--- EXERCISE ---
Filter these records by the string "leaves", copying each line that holds it.

--- RECORDS SHOWN ---
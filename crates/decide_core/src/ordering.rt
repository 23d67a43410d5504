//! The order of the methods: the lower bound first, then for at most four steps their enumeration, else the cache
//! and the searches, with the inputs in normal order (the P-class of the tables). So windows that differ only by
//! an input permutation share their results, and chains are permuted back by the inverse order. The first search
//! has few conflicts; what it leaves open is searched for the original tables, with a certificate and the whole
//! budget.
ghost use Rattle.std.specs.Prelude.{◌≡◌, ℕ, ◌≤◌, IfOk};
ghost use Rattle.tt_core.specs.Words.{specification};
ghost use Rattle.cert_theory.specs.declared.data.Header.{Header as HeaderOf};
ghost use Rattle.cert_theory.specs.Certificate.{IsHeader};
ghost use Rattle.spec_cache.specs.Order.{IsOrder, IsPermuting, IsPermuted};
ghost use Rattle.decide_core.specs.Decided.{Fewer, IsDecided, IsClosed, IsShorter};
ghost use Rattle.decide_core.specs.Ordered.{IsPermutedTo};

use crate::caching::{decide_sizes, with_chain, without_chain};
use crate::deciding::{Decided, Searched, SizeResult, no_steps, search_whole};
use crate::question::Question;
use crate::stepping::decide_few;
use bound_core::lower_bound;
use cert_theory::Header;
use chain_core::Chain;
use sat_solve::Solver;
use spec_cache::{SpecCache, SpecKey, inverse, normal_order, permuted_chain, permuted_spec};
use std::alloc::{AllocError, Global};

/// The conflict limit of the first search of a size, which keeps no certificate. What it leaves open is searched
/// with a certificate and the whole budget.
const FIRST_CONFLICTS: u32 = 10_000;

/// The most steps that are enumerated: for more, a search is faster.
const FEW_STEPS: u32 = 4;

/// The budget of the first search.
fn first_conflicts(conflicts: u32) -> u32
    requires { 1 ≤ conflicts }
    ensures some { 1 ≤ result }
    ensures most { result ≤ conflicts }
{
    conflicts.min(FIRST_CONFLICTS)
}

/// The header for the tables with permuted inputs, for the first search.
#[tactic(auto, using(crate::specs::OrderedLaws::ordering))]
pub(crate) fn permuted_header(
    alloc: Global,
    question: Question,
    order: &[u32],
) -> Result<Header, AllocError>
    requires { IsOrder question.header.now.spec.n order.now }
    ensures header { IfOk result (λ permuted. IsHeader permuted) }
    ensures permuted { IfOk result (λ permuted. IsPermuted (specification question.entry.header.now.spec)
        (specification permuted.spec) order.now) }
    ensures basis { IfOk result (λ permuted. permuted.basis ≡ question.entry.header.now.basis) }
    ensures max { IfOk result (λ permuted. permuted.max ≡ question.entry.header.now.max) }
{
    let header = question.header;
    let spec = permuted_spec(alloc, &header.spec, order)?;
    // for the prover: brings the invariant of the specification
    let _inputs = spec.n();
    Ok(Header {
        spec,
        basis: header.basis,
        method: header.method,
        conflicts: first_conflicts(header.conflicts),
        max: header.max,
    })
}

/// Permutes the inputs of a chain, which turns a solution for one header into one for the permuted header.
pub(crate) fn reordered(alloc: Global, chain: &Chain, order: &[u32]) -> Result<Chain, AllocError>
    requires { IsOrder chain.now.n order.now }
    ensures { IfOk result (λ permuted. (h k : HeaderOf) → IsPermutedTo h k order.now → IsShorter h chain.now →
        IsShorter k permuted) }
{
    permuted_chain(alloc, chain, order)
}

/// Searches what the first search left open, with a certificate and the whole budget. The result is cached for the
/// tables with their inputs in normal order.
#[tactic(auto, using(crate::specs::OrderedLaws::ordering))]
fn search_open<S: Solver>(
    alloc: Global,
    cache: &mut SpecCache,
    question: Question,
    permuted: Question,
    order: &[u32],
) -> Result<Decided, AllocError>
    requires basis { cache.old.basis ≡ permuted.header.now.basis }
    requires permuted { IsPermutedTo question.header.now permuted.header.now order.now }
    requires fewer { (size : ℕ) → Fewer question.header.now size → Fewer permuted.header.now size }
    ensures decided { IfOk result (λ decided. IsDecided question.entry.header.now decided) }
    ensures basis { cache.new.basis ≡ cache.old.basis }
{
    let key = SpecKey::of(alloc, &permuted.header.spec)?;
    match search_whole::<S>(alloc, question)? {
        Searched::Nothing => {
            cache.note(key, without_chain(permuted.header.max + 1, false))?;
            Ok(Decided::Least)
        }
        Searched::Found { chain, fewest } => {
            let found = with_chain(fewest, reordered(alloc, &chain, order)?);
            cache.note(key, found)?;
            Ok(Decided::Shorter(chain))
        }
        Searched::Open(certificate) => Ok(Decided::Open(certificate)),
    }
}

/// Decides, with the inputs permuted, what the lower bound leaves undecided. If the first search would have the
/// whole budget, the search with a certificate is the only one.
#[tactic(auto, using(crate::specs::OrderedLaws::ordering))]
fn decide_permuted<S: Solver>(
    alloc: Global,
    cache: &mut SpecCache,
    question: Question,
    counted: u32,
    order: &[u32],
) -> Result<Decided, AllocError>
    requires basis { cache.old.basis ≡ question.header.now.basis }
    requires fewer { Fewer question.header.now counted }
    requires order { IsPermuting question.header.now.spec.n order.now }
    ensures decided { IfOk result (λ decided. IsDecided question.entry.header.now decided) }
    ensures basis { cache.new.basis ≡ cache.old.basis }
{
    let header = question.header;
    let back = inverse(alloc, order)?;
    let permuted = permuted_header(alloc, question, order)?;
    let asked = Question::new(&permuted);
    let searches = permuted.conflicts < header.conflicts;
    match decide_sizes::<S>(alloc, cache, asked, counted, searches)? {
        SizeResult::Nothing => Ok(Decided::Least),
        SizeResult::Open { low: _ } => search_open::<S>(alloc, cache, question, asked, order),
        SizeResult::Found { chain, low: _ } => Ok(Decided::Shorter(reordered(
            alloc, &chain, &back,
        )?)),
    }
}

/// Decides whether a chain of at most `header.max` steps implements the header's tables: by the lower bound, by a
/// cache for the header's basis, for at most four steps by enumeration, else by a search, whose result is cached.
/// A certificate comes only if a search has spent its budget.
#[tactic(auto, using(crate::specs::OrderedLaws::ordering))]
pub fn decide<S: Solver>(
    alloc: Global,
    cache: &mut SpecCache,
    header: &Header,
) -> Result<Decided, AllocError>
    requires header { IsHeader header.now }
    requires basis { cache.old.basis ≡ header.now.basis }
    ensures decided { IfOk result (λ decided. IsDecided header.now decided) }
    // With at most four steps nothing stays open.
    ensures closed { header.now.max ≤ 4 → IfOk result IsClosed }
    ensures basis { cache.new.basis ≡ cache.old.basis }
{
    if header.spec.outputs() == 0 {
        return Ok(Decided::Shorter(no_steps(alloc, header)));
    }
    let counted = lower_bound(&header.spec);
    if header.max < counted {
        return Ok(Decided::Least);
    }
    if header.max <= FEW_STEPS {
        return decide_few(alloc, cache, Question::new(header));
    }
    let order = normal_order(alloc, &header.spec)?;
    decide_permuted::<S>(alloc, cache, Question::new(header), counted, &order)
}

--- TASK RESULT ---
//! has few conflicts; what it leaves open is searched for the original tables, with a certificate and the whole
/// The conflict limit of the first search of a size, which keeps no certificate. What it leaves open is searched
/// Decides, with the inputs permuted, what the lower bound leaves undecided. If the first search would have the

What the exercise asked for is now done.